If you are still unsure how to start the software development process, you can contact the dedicated offshore software developers at Your Team in India.
Our certified experts will help you understand your project complexity and requirements, and which model suits your business needs to enable you to release a high-quality product cost-efficiently.
Frequently Asked Questions
Clearly understanding the software development process helps define deliverables for every stage and improves accountability across the team. It also reduces confusion, supports better customer communication, and lowers the risk of delays, quality issues, and budget overruns.
Traditionally, the main stages of the software development process include planning, requirements analysis, design, development, testing, deployment, and maintenance. Together, these form the 7 stages of the software development life cycle used in most modern delivery environments.
The planning stage gives clients and teams a clear picture of what will happen throughout the software product development process. It helps define scope, identify bottlenecks, estimate timelines, assign resources, and set expectations before engineering work begins.
The software development process improves transparency, reduces delivery risk, supports better quality control, and makes project execution easier to manage. It also helps stakeholders track progress and understand what the development team is doing at each phase.
There is no single best software development methodology for every project. Agile is often preferred when requirements change frequently, Waterfall suits fixed-scope environments, and DevOps is ideal when fast, reliable releases and continuous improvement are priorities.
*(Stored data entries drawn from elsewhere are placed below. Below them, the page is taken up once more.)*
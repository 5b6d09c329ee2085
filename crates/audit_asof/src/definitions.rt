//! Definitions as far as rows of the system's tables tell them.

ghost use Rattle.std.specs.Prelude.{◌≡◌, ◌++◌, ◌+◌, ◌∷◌, [], pos, IfOk, OnOk};
ghost use Rattle.spec_model.specs.Rows.{values_of};
ghost use Rattle.audit_definitions.specs.DefinitionRows.{row_seen, rows_in, rows_seen};
ghost use Rattle.spec_asof.specs.DefTold as spec;
ghost use Rattle.audit_asof.specs.Told.{columns_from, parts_from, indexes_from};

use crate::rows::{last_row, text_at};
use audit_definitions::{has_part_row, number_at, system_rows_of};
use base_types::{Items, Memory, Name, TableId};
use sql_types::{IndexDef, TableDef, Version};
use sql_value::{ColumnDef, TableKind};
use std::alloc::Global;

/// What these rows of the two system tables tell of the definition: its names, its kind, and the columns, the indexes
/// and the parts of indexes that have their rows.
pub(crate) fn def_told(
    alloc: Global,
    first: &[Version],
    second: &[Version],
    def: TableDef,
) -> Result<TableDef, Memory>
    ensures { IfOk result (λ told. told ≡ spec.def_told (rows_in first.now) (rows_in second.now) def) }
{
    let mut told = def;
    match tell_def(alloc, first, second, &mut told) {
        Ok(()) => Ok(told),
        Err(Memory) => {
            drop(told);
            Err(Memory)
        }
    }
}

// The definition is borrowed here, and held by the caller alone: each function that holds one has to prove at each
// want of memory how all its parts are dropped.
#[tactic(auto, unfolding(spec_asof::specs::DefTold::def_told))]
fn tell_def(
    alloc: Global,
    first: &[Version],
    second: &[Version],
    def: &mut TableDef,
) -> Result<(), Memory>
    ensures { OnOk result (def.new ≡ spec.def_told (rows_in first.now) (rows_in second.now) def.old) }
{
    let tables = system_rows_of(alloc, first, def.id)?;
    let row = last_row(&tables, 0, def.id.into());
    let items = system_rows_of(alloc, second, def.id)?;
    tell_items(alloc, &items, def)?;
    tell_table(alloc, row, def)?;
    Ok(())
}

/// Leaves the columns, the indexes and the parts of indexes that have their rows among these.
fn tell_items(alloc: Global, rows: &[&Version], def: &mut TableDef) -> Result<(), Memory>
    ensures { OnOk result (def.new ≡ spec.items_told (rows_seen rows.now) def.old) }
{
    def.columns = columns_told(alloc, rows, def.columns.as_slice())?;
    def.dropped = dropped_told(alloc, rows, def.dropped.as_slice())?;
    def.indexes = indexes_told(alloc, rows, def.id, def.indexes.as_slice())?;
    Ok(())
}

/// Gives the definition the names and the kind that the row of its table says, and marks it as dropped if the row says
/// so.
fn tell_table(alloc: Global, row: Option<&Version>, def: &mut TableDef) -> Result<(), Memory>
    ensures { OnOk result (def.new ≡ spec.table_told (row_seen row.entry) def.old) }
{
    if let Some(row) = row {
        def.name = text_at(alloc, row, 2)?;
        def.kind = kind_numbered(number_at(row, 3));
        def.gone = number_at(row, 3).cmp(&2).is_gt();
        def.history = text_at(alloc, row, 4)?;
        def.view = text_at(alloc, row, 5)?;
    }
    Ok(())
}

/// The kind that the number in a table's row stands for.
fn kind_numbered(number: i128) -> TableKind
    ensures { result ≡ spec.kind_numbered number }
{
    match number {
        1 | 3 => TableKind::AppendOnly,
        _ => TableKind::Updatable,
    }
}

fn columns_told(
    alloc: Global,
    rows: &[&Version],
    columns: &[ColumnDef],
) -> Result<Items<ColumnDef>, Memory>
    ensures { IfOk result (λ told. told ≡ spec.columns_told (rows_seen rows.now) columns.now) }
{
    let mut told = Vec::new(alloc);
    for (place, column) in columns.iter().enumerate() {
        tell_column(alloc, rows, place, column, &mut told)?;
    }
    Ok(Items::from_vec(told))
}

/// Adds the column at this place, counted from 0, as its last row says it, if it has one.
fn tell_column(
    alloc: Global,
    rows: &[&Version],
    place: usize,
    column: &ColumnDef,
    told: &mut Vec<ColumnDef>,
) -> Result<(), Memory>
    ensures { OnOk result (told.new.items
        ≡ told.old.items ++ columns_from (rows_seen rows.now) (place + 1) (column.now ∷ [])) }
{
    match last_row(rows, 1, place as i128 + 1) {
        Some(row) => {
            told.push(column_said(alloc, column, row)?)?;
            Ok(())
        }
        None => Ok(()),
    }
}

/// The column as the row says it: its type and its place in the key never change.
fn column_said(alloc: Global, column: &ColumnDef, row: &Version) -> Result<ColumnDef, Memory>
    ensures { IfOk result (λ said. said ≡ spec.column_said column.now (values_of row.now)) }
{
    Ok(ColumnDef {
        name: text_at(alloc, row, 3)?,
        ty: column.ty,
        nullable: number_at(row, 7) != 0,
        key_position: column.key_position,
    })
}

/// Those of these ordinals whose last row says that the column was dropped.
fn dropped_told(alloc: Global, rows: &[&Version], dropped: &[u16]) -> Result<Items<u16>, Memory>
    ensures { IfOk result (λ told. told ≡ spec.dropped_told (rows_seen rows.now) dropped.now) }
{
    let mut told = Vec::new(alloc);
    for ordinal in dropped {
        if is_dropped(rows, *ordinal) {
            told.push(*ordinal)?;
        }
    }
    Ok(Items::from_vec(told))
}

fn is_dropped(rows: &[&Version], ordinal: u16) -> bool
    ensures { result ≡ spec.says_dropped (spec.last_row 1 (pos ordinal) (rows_seen rows.now)) }
{
    match last_row(rows, 1, ordinal.into()) {
        Some(row) => number_at(row, 8) == -1,
        None => false,
    }
}

fn indexes_told(
    alloc: Global,
    rows: &[&Version],
    id: TableId,
    indexes: &[IndexDef],
) -> Result<Items<IndexDef>, Memory>
    ensures { IfOk result (λ told. told ≡ spec.indexes_told (rows_seen rows.now) id indexes.now) }
{
    let mut told = Vec::new(alloc);
    for (others, index) in indexes.iter().enumerate() {
        tell_index(alloc, rows, id, others, index, &mut told)?;
    }
    Ok(Items::from_vec(told))
}

/// Adds the index that stands behind so many others, with the parts that have their rows, if there are any.
fn tell_index(
    alloc: Global,
    rows: &[&Version],
    id: TableId,
    others: usize,
    index: &IndexDef,
    told: &mut Vec<IndexDef>,
) -> Result<(), Memory>
    ensures { OnOk result (told.new.items
        ≡ told.old.items ++ indexes_from (rows_seen rows.now) id (others + 1) (index.now ∷ [])) }
{
    let index = index_told(alloc, rows, id, others, index)?;
    if !index.ordinals.is_empty() {
        told.push(index)?;
    }
    Ok(())
}

fn index_told(
    alloc: Global,
    rows: &[&Version],
    id: TableId,
    others: usize,
    index: &IndexDef,
) -> Result<IndexDef, Memory>
    ensures { IfOk result (λ told. told ≡ spec.index_told (rows_seen rows.now) id (others + 1, index.now)) }
{
    Ok(IndexDef {
        name: index.name.copy()?,
        ordinals: parts_told(
            alloc,
            rows,
            id,
            others,
            &index.name,
            index.ordinals.as_slice(),
        )?,
    })
}

fn parts_told(
    alloc: Global,
    rows: &[&Version],
    id: TableId,
    others: usize,
    name: &Name,
    ordinals: &[u16],
) -> Result<Items<u16>, Memory>
    ensures { IfOk result (λ told. told
        ≡ parts_from (rows_seen rows.now) id (others + 1) name.now 1 ordinals.now) }
{
    let mut told = Vec::new(alloc);
    for (place, ordinal) in ordinals.iter().enumerate() {
        tell_part(rows, id, others, name, place, *ordinal, &mut told)?;
    }
    Ok(Items::from_vec(told))
}

/// Adds the part at this place, counted from 0, if it has its row.
fn tell_part(
    rows: &[&Version],
    id: TableId,
    others: usize,
    name: &Name,
    place: usize,
    ordinal: u16,
    told: &mut Vec<u16>,
) -> Result<(), Memory>
    ensures { OnOk result (told.new.items
        ≡ told.old.items ++ parts_from (rows_seen rows.now) id (others + 1) name.now (place + 1) (ordinal ∷ [])) }
{
    if has_part_row(rows, id, others, name, place, ordinal) {
        told.push(ordinal)?;
    }
    Ok(())
}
You can speed up development by breaking large tasks into smaller ones, defining requirements early, automating testing and workflows, and using CI/CD to shorten release cycles. Expanding your in-house team or hiring an offshore software development company can also help when capacity is limited.
SDLC defines the stages of software creation, while DevOps improves how teams execute those stages through automation, collaboration, continuous testing, and continuous delivery. SDLC provides the structure, and DevOps improves the flow.
Yes, AI can improve parts of the software development process by accelerating coding, refactoring, documentation, and test support. However, it should complement human engineering judgment rather than replace planning, architecture, testing, or security review.
Startups often benefit from Agile, Scrum, Lean, or hybrid iterative approaches because they need quick feedback, rapid change, and shorter release cycles. The right choice depends on the team’s maturity and the product’s complexity.
Before development starts, a company should evaluate business goals, user needs, technical feasibility, budget, compliance requirements, delivery timeline, and the level of change expected during the project. These factors help determine the right process and model.